Scotland’s property market has soared to an 11-year high ahead of Brexit, research indicates.
Property transactions worth more than £8 billion were recorded between January and June this year, the best for this six-month period since 2008, according to Aberdein Considine’s quarterly property monitor.
High sales in the second quarter, from April to June, have been credited with driving the trend.
A total of 25,806 sales concluded in these three months, up just under 1,000 – or four per cent – on the same period last year.
The additional activity pushed the average price of a Scottish home up 1.6 per cent to £172,189, despite the market stalling elsewhere in the UK.
Edinburgh remains the most expensive place in Scotland to buy a home, with the average cost at £264,943.
The capital is followed by East Lothian, where prices have risen by 15.2 per cent to £260,399 – the largest increase in Scotland.
East Dunbartonshire came third at £250,017, up 4.1 per cent, with East Renfrewshire in fourth place with an average price of £244,902, a 3.9 per cent drop.
East Ayrshire recorded the lowest average price at £117,676, a 3.3 per cent drop, while the largest percentage decrease was in South Ayrshire which fell by 8.4 per cent to £146,984.

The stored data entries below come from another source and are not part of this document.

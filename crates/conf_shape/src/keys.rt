ghost use Rattle.std.specs.Prelude.{◌≡◌, List, [], ◌∷◌, ◌++◌, map, IfOk, OnOk};
ghost use Rattle.std.specs.List.{list_any};
ghost use Rattle.std.specs.Option.{option_map};
ghost use Rattle.std.specs.Str.{bytes_eq};
ghost use Rattle.yaml_tree.specs.declared.tree.Key.{Key};
ghost use Rattle.conf_shape.specs.declared.kinds.MapKind.TheVariants.{Interface, Vlan};
ghost use Rattle.conf_shape.specs.declared.kinds.TheConstants.{MOST_PORT_NO, MOST_VID};
ghost use Rattle.conf_shape.specs.Keys.{seen_row, seen_pair, seen_table};
ghost use Rattle.conf_shape.specs.Sections.{map_keys, key_text, is_key, canonical, row_at, spells, given, number_of, row_kind, text_kind, listed_kind, number_or_name, named_kind, named_once, numbered, under_key, is_needed, lacks};
ghost use Rattle.conf_shape.specs.Seen.{HasTexts, IsSeen};

use crate::kinds::{Kind, MOST_PORT_NO, MOST_VID, MapKind, Need, Scalar};
use crate::refused::ConfCause;
use crate::scalars::{is_name, within};
use crate::seen::{Seen, see_name};
use crate::tables::{Row, Table, table_of};
use net_base::{NoMemory, Text};
use std::alloc::Global;
use yaml_tree::{Key, Pair};

/// The text of a key: a whole number stands for its digits.
pub fn key_text(alloc: Global, key: &Key) -> Result<Text, NoMemory>
    ensures { IfOk result (λ text. text ≡ key_text key.now) }
{
    match key {
        Key::Int(n) => {
            let digits = n.to_string(alloc)?;
            Text::from_str(alloc, digits.as_str())
        }
        Key::Text(text) => Text::from_str(alloc, text.as_str()),
    }
}

/// Whether the key is this text; no whole number is.
pub fn is_key(name: &str, key: &Key) -> bool
    ensures { result ≡ is_key name.now key.now }
{
    match key {
        Key::Text(text) => text.as_str() == name,
        Key::Int(_) => false,
    }
}

/// The key that a spelling is of.
fn canonical<'a>(spellings: &[(&'static str, &'static str)], text: &'a str) -> &'a str
    ensures { result.now ≡ canonical (map seen_pair spellings.now) text.now }
{
    for (spelling, key) in spellings {
        if *spelling == text {
            return key;
        }
    }
    text
}

pub fn row_at(name: &str, rows: &[Row]) -> Option<Row>
    ensures { option_map seen_row result ≡ row_at name.now (map seen_row rows.now) }
{
    for row in rows {
        if row.key == name {
            return Some(*row);
        }
    }
    None
}

fn is_listed(text: &str, names: &[&'static str]) -> bool
    ensures { result ≡ list_any (λ name. bytes_eq name text.now) (map (λ name. name.now) names.now) }
{
    for name in names {
        if *name == text {
            return true;
        }
    }
    false
}

/// Whether a key is this one, in any of its spellings.
pub fn spells(spellings: &[(&'static str, &'static str)], name: &str, key: &Key) -> bool
    ensures { result ≡ spells (map seen_pair spellings.now) name.now key.now }
{
    match key {
        Key::Text(text) => canonical(spellings, text.as_str()) == name,
        Key::Int(_) => false,
    }
}

fn is_spelled(spellings: &[(&'static str, &'static str)], name: &str, earlier: &[Pair]) -> bool
    ensures { result ≡ list_any (spells (map seen_pair spellings.now) name.now) (map_keys earlier.now) }
{
    for pair in earlier {
        if spells(spellings, name, &pair.key) {
            return true;
        }
    }
    false
}

/// The number that the map's own key gives is the only one that it may give again.
fn given(number: Option<u64>, kind: Kind) -> Kind
    ensures { result ≡ given number kind }
{
    match (number, kind) {
        (Some(n), Kind::Given { .. }) => Kind::One(Scalar::Number { low: n, high: n }),
        _ => kind,
    }
}

/// The number that the map's own key gives.
pub fn number_of(map: MapKind) -> Option<u64>
    ensures { result ≡ number_of map }
{
    match map {
        MapKind::Interface { number } | MapKind::Vlan { number } => number,
        _ => None,
    }
}

fn row_kind(
    table: &Table,
    number: Option<u64>,
    earlier: &[Pair],
    row: Option<Row>,
) -> Result<Kind, ConfCause>
    ensures { result ≡ row_kind (seen_table table.now) number (map_keys earlier.now) (option_map seen_row row) }
{
    match row {
        None => Err(table.unlisted),
        Some(row) => {
            if is_spelled(table.spellings, row.key, earlier) {
                Err(ConfCause::Duplicate)
            } else {
                Ok(given(number, row.kind))
            }
        }
    }
}

fn text_kind(
    table: &Table,
    number: Option<u64>,
    earlier: &[Pair],
    text: &str,
) -> Result<Kind, ConfCause>
    ensures { result ≡ text_kind (seen_table table.now) number (map_keys earlier.now) text.now }
{
    if is_listed(text, table.left_out) {
        return Err(ConfCause::LeftOut);
    }
    let row = row_at(canonical(table.spellings, text), table.rows);
    row_kind(table, number, earlier, row)
}

fn listed_kind(
    table: &Table,
    number: Option<u64>,
    earlier: &[Pair],
    key: &Key,
) -> Result<Kind, ConfCause>
    ensures { result ≡ listed_kind (seen_table table.now) number (map_keys earlier.now) key.now }
{
    match key {
        Key::Int(_) => Err(table.unlisted),
        Key::Text(text) => text_kind(table, number, earlier, text.as_str()),
    }
}

/// The number that a key gives, or none where it is a name.
fn number_or_name(low: u64, high: u64, key: &Key) -> Result<Option<u64>, ConfCause>
    ensures { result ≡ number_or_name low high key.now }
{
    match key {
        Key::Int(n) => match within(low, high, *n) {
            Some(n) => Ok(Some(n)),
            None => Err(ConfCause::OutOfRange),
        },
        Key::Text(text) if is_name(text.as_str()) => Ok(None),
        Key::Text(_) => Err(ConfCause::OutOfRange),
    }
}

/// What stands under a name that is given once.
fn named_kind(name: &str, map: MapKind) -> Result<Kind, ConfCause>
    ensures { result ≡ named_kind name.now map }
{
    match map {
        MapKind::Acls => Ok(Kind::Maps(MapKind::RuleItem)),
        MapKind::Routers => Ok(Kind::Map(MapKind::Router)),
        _ if is_name(name) => Ok(Kind::Map(MapKind::Datapath)),
        _ => Err(ConfCause::OutOfRange),
    }
}

fn named_once(
    alloc: Global,
    map: MapKind,
    seen: &mut Seen,
    key: &Key,
) -> Result<Result<Kind, ConfCause>, NoMemory>
    ensures kind { (earlier : List Key) → HasTexts seen.old earlier → IfOk result (λ kind. kind ≡ named_once map earlier key.now) }
    ensures more { (earlier : List Key) → HasTexts seen.old earlier → OnOk result (HasTexts seen.new (earlier ++ key.now ∷ [])) }
{
    let name = key_text(alloc, key)?;
    if see_name(alloc, seen, &name)? {
        return Ok(Err(ConfCause::Duplicate));
    }
    Ok(named_kind(name.as_str(), map))
}

/// What stands under a key, behind these entries of the map, or what is wrong with the key. Of a map
/// of names those so far are seen, and from now on this one too.
pub fn under_key(
    alloc: Global,
    map: MapKind,
    earlier: &[Pair],
    seen: &mut Seen,
    key: &Key,
) -> Result<Result<Kind, ConfCause>, NoMemory>
    requires { IsSeen map seen.old (map_keys earlier.now) }
    ensures kind { IfOk result (λ kind. kind ≡ under_key map (map_keys earlier.now) key.now) }
    ensures more { OnOk result (IsSeen map seen.new (map_keys earlier.now ++ key.now ∷ [])) }
{
    match map {
        MapKind::Datapaths | MapKind::Acls | MapKind::Routers => named_once(alloc, map, seen, key),
        MapKind::Interfaces => Ok(interface_kind(key)),
        MapKind::Vlans => Ok(vlan_kind(key)),
        _ => Ok(listed_kind(&table_of(map), number_of(map), earlier, key)),
    }
}

fn interface_kind(key: &Key) -> Result<Kind, ConfCause>
    ensures { result ≡ numbered 1 MOST_PORT_NO Interface key.now }
{
    let number = number_or_name(1, MOST_PORT_NO, key)?;
    Ok(Kind::Map(MapKind::Interface { number }))
}

fn vlan_kind(key: &Key) -> Result<Kind, ConfCause>
    ensures { result ≡ numbered 1 MOST_VID Vlan key.now }
{
    let number = number_or_name(1, MOST_VID, key)?;
    Ok(Kind::Map(MapKind::Vlan { number }))
}

fn has_key(name: &str, pairs: &[Pair]) -> bool
    ensures { result ≡ list_any (is_key name.now) (map_keys pairs.now) }
{
    for pair in pairs {
        if is_key(name, &pair.key) {
            return true;
        }
    }
    false
}

fn is_needed(number: Option<u64>, pairs: &[Pair], need: Need) -> bool
    ensures { result ≡ is_needed number (map_keys pairs.now) need }
{
    match need {
        Need::Always => true,
        Need::UnlessNumbered => number.is_none(),
        Need::UnlessBgp => !has_key("bgp", pairs),
        Need::Never => false,
    }
}

/// Whether a key has to be there and isn't.
pub fn lacks(number: Option<u64>, pairs: &[Pair], row: &Row) -> bool
    ensures { result ≡ lacks number (map_keys pairs.now) (seen_row row.now) }
{
    is_needed(number, pairs, row.need) && !has_key(row.key, pairs)
}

Jacqueline Law, managing partner at Aberdein Considine, said buyers were “taking a long-term view on the market” amid the current economic uncertainty.
“Buying a house is not something people do with tomorrow or next year in mind,” she said.
“It’s a considered decision which most purchasers take with a medium- to long-term view and these figures suggest people are looking beyond the current political and economic headwinds with a degree of confidence.”
A recent report into rising house prices in East Lothian found many Edinburgh homebuyers were being put off by high prices in the city, instead heading for the coast to get value for money.
Properties in the likes of North Berwick, Dunbar and Haddington were particularly popular, having seen values surge by more than £25,000 in the past six months, according to Aberdein Considine’s Scotland’s Property Monitor study.
The average price for a home in Edinburgh was placed at £264,943, while in East Lothian, the typical property is valued at £260,399.
Ms Law added: “The regions with the highest property prices – Edinburgh, East Lothian and Glasgow’s more affluent suburbs – have a common tie, which is a lack of homes for sale.
“Regardless of what kind of deal, if any, the UK leaves the EU with on 31 October, many Scots are pressing ahead with purchase decisions in order to provide short- to medium- term security.
“However, in many areas there are simply not enough homes on the market to meet that demand, which in turn is driving up prices for the ones which do.
“We’ve seen a similar pattern in cities like Stirling and Perth over recent quarters, where prices are edging towards the £200,000 mark despite sales falling.”